-------- SOURCE DATA
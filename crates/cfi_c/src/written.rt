//! Rows, rules and errors as C sees them, in its memory.
ghost use Rattle.std.specs.Prelude.{◌≡◌, ◌+◌, ◌≤◌, length, pos};
ghost use Rattle.cfi_read_core.specs.ReaderCalls.{map_ok};
ghost use Rattle.cfi_c.specs.AddressRows.{IsAnsweredForC};
ghost use Rattle.cfi_c.specs.WrittenRows.{IsCfa, IsRules, IsWritten, SameAround, rule_for_c};

use crate::refusal::number_of;
use gimli_cfi::{ArrayLike, CfaRule, Error, Register, RegisterRule, UnwindTableRow};

/// A row without its rules; or an error.
#[repr(C)]
#[derive(Clone, Copy)]
pub struct CfiRow {
    /// The first address for which the row holds, and the first after them.
    pub start: u64,
    pub end: u64,
    pub args_size: u64,
    /// 0: a register and an offset, 1: an expression.
    pub cfa_kind: u32,
    /// The register and the offset; 0 for an expression.
    pub cfa_register: u32,
    pub cfa_offset: i64,
    /// Offset and length in bytes of the expression in the section; 0 for a register.
    pub cfa_place: u64,
    pub cfa_length: u64,
    /// The place, byte or number that the error carries, else 0.
    pub refused: u64,
    /// 0, or the number of the error.
    pub status: i32,
}

/// The rule of one register.
#[repr(C)]
#[derive(Clone, Copy)]
pub struct CfiRule {
    /// 0: no rule, 1: undefined, 2: same value, 3: offset, 4: value offset, 5: register,
    /// 6: expression, 7: value expression, 8: architectural, 9: constant.
    pub kind: u64,
    /// The offset, or the register.
    pub value: i64,
    /// Offset and length in bytes of the expression in the section; or the constant, and 0.
    pub place: u64,
    pub length: u64,
}

/// Writes the row, and from `first` on the rules of the registers below `count`; or the number of
/// the error, with what it carries.
pub fn write_answer<A: ArrayLike<Item = (Register, RegisterRule<usize>)>>(
    answer: Result<&UnwindTableRow<usize, A>, Error>,
    row: &mut CfiRow,
    rules: &mut [CfiRule],
    first: usize,
    count: usize,
)
    requires { first + count ≤ length rules.old }
    ensures answered { IsAnsweredForC (map_ok (λ row. row.now) answer.entry)
        row.new rules.new first count }
    ensures around { SameAround first count rules.old rules.new }
{
    match answer {
        Ok(found) => {
            *row = row_of(found);
            write_rules(found, rules, first, count);
        }
        Err(error) => {
            row.refused = error.value();
            row.status = number_of(error);
        }
    }
}

/// Returns the row as C sees it, with the status 0.
fn row_of<A: ArrayLike<Item = (Register, RegisterRule<usize>)>>(
    found: &UnwindTableRow<usize, A>,
) -> CfiRow
    ensures { IsWritten found.now result × (result.status ≡ pos 0) }
{
    let start = found.start_address();
    let end = found.end_address();
    cfa_row(start, end, found.saved_args_size(), *found.cfa())
}

/// Returns a row as C sees it, by its parts, with the status 0.
pub fn cfa_row(start: u64, end: u64, args_size: u64, cfa: CfaRule<usize>) -> CfiRow
    ensures addresses { (result.start ≡ start) × (result.end ≡ end) }
    ensures args { result.args_size ≡ args_size }
    ensures cfa { IsCfa cfa result }
    ensures status { (result.refused ≡ 0) × (result.status ≡ pos 0) }
{
    match cfa {
        CfaRule::RegisterAndOffset { register, offset } => CfiRow {
            start,
            end,
            args_size,
            cfa_kind: 0,
            cfa_register: u32::from(register.0),
            cfa_offset: offset,
            cfa_place: 0,
            cfa_length: 0,
            refused: 0,
            status: 0,
        },
        CfaRule::Expression(e) => CfiRow {
            start,
            end,
            args_size,
            cfa_kind: 1,
            cfa_register: 0,
            cfa_offset: 0,
            cfa_place: e.offset as u64,
            cfa_length: e.length as u64,
            refused: 0,
            status: 0,
        },
    }
}

/// Writes from `first` on the rules of the registers below `count`.
fn write_rules<A: ArrayLike<Item = (Register, RegisterRule<usize>)>>(
    found: &UnwindTableRow<usize, A>,
    rules: &mut [CfiRule],
    first: usize,
    count: usize,
)
    requires { first + count ≤ length rules.old }
    ensures written { IsRules found.now rules.new first count }
    ensures around { SameAround first count rules.old rules.new }
{
    for k in 0..count {
        rules[first + k] = rule_of(None);
    }
    for (register, rule) in found.registers() {
        let k = number_of_register(*register);
        if k < count {
            rules[first + k] = rule_of(Some(*rule));
        }
    }
}

/// Returns the register's number, which is at most 65535.
fn number_of_register(register: Register) -> usize
    ensures number { result ≡ register.0 }
    ensures small { result ≤ 65535 }
{
    usize::from(register.0)
}

/// Returns the rule as C sees it.
pub fn rule_of(rule: Option<RegisterRule<usize>>) -> CfiRule
    ensures { result ≡ rule_for_c rule }
{
    let Some(rule) = rule else {
        return plain_rule(0, 0);
    };
    match rule {
        RegisterRule::Undefined => plain_rule(1, 0),
        RegisterRule::SameValue => plain_rule(2, 0),
        RegisterRule::Offset(offset) => plain_rule(3, offset),
        RegisterRule::ValOffset(offset) => plain_rule(4, offset),
        RegisterRule::Register(other) => plain_rule(5, i64::from(other.0)),
        RegisterRule::Expression(e) => placed_rule(6, e.offset as u64, e.length as u64),
        RegisterRule::ValExpression(e) => placed_rule(7, e.offset as u64, e.length as u64),
        RegisterRule::Architectural => plain_rule(8, 0),
        RegisterRule::Constant(value) => placed_rule(9, value, 0),
    }
}

/// Returns a rule that carries a number or nothing.
fn plain_rule(kind: u64, value: i64) -> CfiRule
    ensures { result ≡ record { kind = kind; value = value; place = 0; length = 0 } }
{
    CfiRule {
        kind,
        value,
        place: 0,
        length: 0,
    }
}

/// Returns a rule that carries an expression or a constant.
fn placed_rule(kind: u64, place: u64, length: u64) -> CfiRule
    ensures { result ≡ record { kind = kind; value = pos 0; place = place; length = length } }
{
    CfiRule {
        kind,
        value: 0,
        place,
        length,
    }
}
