//! A compiled table by its address, as C holds it.
ghost use Rattle.std.specs.Prelude.{◌≡◌, Option, Some, None, true};
ghost use Rattle.cfi_compiled.specs.CompiledTables.{TableContents};
ghost use Rattle.cfi_c.specs.AddressRows.{is_live};
ghost use Rattle.cfi_c.specs.HeldTables.{owned_table};

use crate::unboxed::Unboxed;
use cfi_compiled::CompiledTable;
use std::alloc::Global;
use std::marker::Model;

/// The address of a compiled table, which it owns where there is one. Dropping it frees nothing, so
/// `CfiTable` unseals a table first.
#[repr(C)]
#[derive(Drop)]
pub struct HeldTable {
    at: *mut u8,
    alloc: Global,
    pub ghost table: { Option TableContents },
}

impl Model for HeldTable {
    ghost also_owns = { λ held. owned_table held.table held.alloc held.at };
}

// It may go to another thread, as the table that it owns.
unsafe impl Send for HeldTable {}

impl HeldTable {
    /// Returns the value of no table.
    pub fn none(alloc: Global) -> HeldTable
        ensures { result.table ≡ None }
    {
        HeldTable {
            at: std::ptr::null_mut(),
            alloc,
        }
    }

    /// Forgets the type of the table.
    pub fn seal(table: Unboxed<CompiledTable, Global>) -> HeldTable
        ensures { result.table ≡ Some table.value }
    {
        let Unboxed { at, alloc } = table;
        HeldTable {
            at: at as *mut u8,
            alloc,
        }
    }

    /// Restores the type of the table.
    pub fn unseal(self) -> Unboxed<CompiledTable, Global>
        requires { is_live self.table ≡ true }
        ensures { Some result.value ≡ self.table }
    {
        let HeldTable { at, alloc } = self;
        Unboxed {
            at: at as *mut CompiledTable,
            alloc,
        }
    }
}
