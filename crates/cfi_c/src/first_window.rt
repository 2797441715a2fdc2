//! The window of memory from which most is read.
ghost use Rattle.std.specs.Prelude.{◌≡◌, ◌+◌, ◌≤◌, length, slice_range, false};
ghost use Rattle.std.specs.Int.{w64};
ghost use Rattle.cfi_read_core.specs.Numbers.{number_of};
ghost use Rattle.cfi_expression.specs.Arithmetic.{displaced};
ghost use Rattle.cfi_step.specs.PackedRules.{eightfold};
ghost use Rattle.cfi_c.specs.WindowPlaces.{ArePlacesIn};

use crate::memory::CfiMemory;
use cfi_step::packed_rules::eightfold;
use gimli_cfi::ReaderAddress;

/// The first window of memory, if addresses have eight bytes, the least significant one first, as
/// most have. It has most of what is read.
#[derive(Drop)]
pub struct FirstWindow<'a> {
    bytes: &'a [u8],
    base: u64,
    /// At how many places, from the first on, there are eight bytes.
    places: u64,
    ghost inside: { ArePlacesIn (length bytes.now) base places },
}

impl<'a> FirstWindow<'a> {
    ghost use Rattle.std.specs.Prelude.{◌≡◌, length, Some, IfSome};
    ghost use Rattle.cfi_expression.specs.Arithmetic.{displaced};
    ghost use Rattle.cfi_step.specs.PackedRules.{eightfold};
    ghost use Rattle.cfi_c.specs.declared.memory.CfiMemory.{CfiMemory};
    ghost use Rattle.cfi_c.specs.FirstWindows.{HasAt, IsFirstWindow};
    ghost use Rattle.cfi_c.specs.PassedMemories.{number_in_memory};

    /// The first window of the memory.
    #[inline(always)]
    pub fn of(memory: &CfiMemory<'a>) -> FirstWindow<'a>
        ensures { IsFirstWindow memory.now result }
    {
        if memory.address_size != 8 || memory.big_endian || memory.windows.is_empty() {
            return FirstWindow {
                bytes: &[],
                base: 0,
                places: 0,
            };
        }
        let window = &memory.windows[0];
        FirstWindow {
            bytes: window.bytes,
            base: window.base,
            places: places_in(window.bytes, window.base),
        }
    }

    /// The number that is saved at the CFA plus so many words, if the window has it.
    #[inline(always)]
    pub fn number_at(&self, cfa: u64, words: i8) -> Option<u64>
        ensures { (memory : CfiMemory) → IsFirstWindow memory self.now → IfSome result (λ n.
            number_in_memory memory (displaced memory.address_size cfa (eightfold words))
            memory.address_size ≡ Some n) }
    {
        self.number(displaced_by(cfa, words))
    }

    /// The number at an address, if the window has it.
    #[inline(always)]
    fn number(&self, address: u64) -> Option<u64>
        ensures { IfSome result (HasAt self.now address) }
    {
        // of an address below the base it is too large
        let place = address.wrapping_sub(self.base);
        if place < self.places {
            Some(number_in(self.bytes, place as usize))
        } else {
            None
        }
    }
}

/// An address plus so many words of eight bytes.
#[inline(always)]
fn displaced_by(address: u64, words: i8) -> u64
    ensures { result ≡ displaced 8 address (eightfold words) }
{
    address.wrapping_add_sized(eightfold(words).cast_unsigned(), 8)
}

/// At how many places of the bytes there are eight, none of which has an address that is too large.
#[inline(always)]
fn places_in(bytes: &[u8], base: u64) -> u64
    ensures { ArePlacesIn (length bytes.now) base result }
{
    let count = bytes.len();
    if count < 8 {
        return 0;
    }
    let places = (count - 7) as u64;
    places.min(u64::MAX - base)
}

/// The number that eight bytes make.
#[inline(always)]
fn number_in(bytes: &[u8], at: usize) -> u64
    requires { at + 8 ≤ length bytes.now }
    ensures { result ≡ number_of w64 false (slice_range bytes.now at (at + 8)) }
{
    u64::from_le_bytes([
        bytes[at],
        bytes[at + 1],
        bytes[at + 2],
        bytes[at + 3],
        bytes[at + 4],
        bytes[at + 5],
        bytes[at + 6],
        bytes[at + 7],
    ])
}
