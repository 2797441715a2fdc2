//! A context that C holds.
ghost use Rattle.std.specs.Prelude.{◌≡◌, ◌⊎◌, false, pos, true};
ghost use Rattle.cfi_c.specs.AddressRows.{is_live};
ghost use Rattle.cfi_c.specs.Refusals.{error_status};

use crate::held_context::HeldContext;
use crate::refusal::number_of;
use crate::unboxed::Unboxed;
use gimli_cfi::{Error, StoreOnHeap, UnwindContext};
use std::alloc::Global;

/// What an unwind needs besides the bytes. Making one allocates; using it does not.
pub type Context = UnwindContext<usize, StoreOnHeap>;

/// A context, or none: all zero.
#[repr(C)]
pub struct CfiContext {
    held: HeldContext,
    pub live: bool,
    ghost ok: { held.live ≡ live },
}

impl CfiContext {
    /// Makes the value that C holds of a context, or of none.
    pub fn of(alloc: Global, held: Option<Box<Context>>) -> CfiContext
        ensures { result.live ≡ is_live held }
    {
        match held {
            Some(context) => CfiContext {
                held: HeldContext::seal(Unboxed::of(context)),
                live: true,
            },
            None => CfiContext {
                held: HeldContext::none(alloc),
                live: false,
            },
        }
    }

    /// Returns the context, where there is one.
    pub fn into_box(self) -> Option<Box<Context>>
        ensures { is_live result ≡ self.live }
    {
        let CfiContext { held, live } = self;
        if live {
            return Some(held.unseal().into_box());
        }
        drop(held);
        None
    }
}

impl Drop for CfiContext {
    fn drop(self) {
        drop(self.into_box());
    }
}

/// Makes a context, and frees the one that was there. Returns 0; or the number of `OutOfMemory`
/// where the allocation fails, and then writes nothing.
#[unsafe(no_mangle)]
pub extern "C" fn cfi_context_new(alloc: Global, context: &mut CfiContext) -> i32
    ensures { ((result ≡ pos 0) × (context.new.live ≡ true))
        ⊎ ((result ≡ error_status Error.OutOfMemory) × (context.new.live ≡ context.old.live)) }
{
    let Ok(made) = Context::new(alloc) else {
        return number_of(Error::OutOfMemory);
    };
    let Ok(held) = Box::new(alloc, made) else {
        return number_of(Error::OutOfMemory);
    };
    *context = CfiContext::of(alloc, Some(held));
    0
}

/// Frees the context, where there is one.
#[unsafe(no_mangle)]
pub extern "C" fn cfi_context_free(alloc: Global, context: &mut CfiContext)
    ensures { context.new.live ≡ false }
{
    *context = CfiContext::of(alloc, None);
}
----------------
◆ **PROBLEM DETAILS**
What lines in the data above contain the word "CfiContext"? Show them all.

◆ **ANSWER TO THIS PROBLEM**
pub struct CfiContext {
impl CfiContext {
    pub fn of(alloc: Global, held: Option<Box<Context>>) -> CfiContext
            Some(context) => CfiContext {
            None => CfiContext {
        let CfiContext { held, live } = self;
impl Drop for CfiContext {
pub extern "C" fn cfi_context_new(alloc: Global, context: &mut CfiContext) -> i32
    *context = CfiContext::of(alloc, Some(held));
pub extern "C" fn cfi_context_free(alloc: Global, context: &mut CfiContext)
    *context = CfiContext::of(alloc, None);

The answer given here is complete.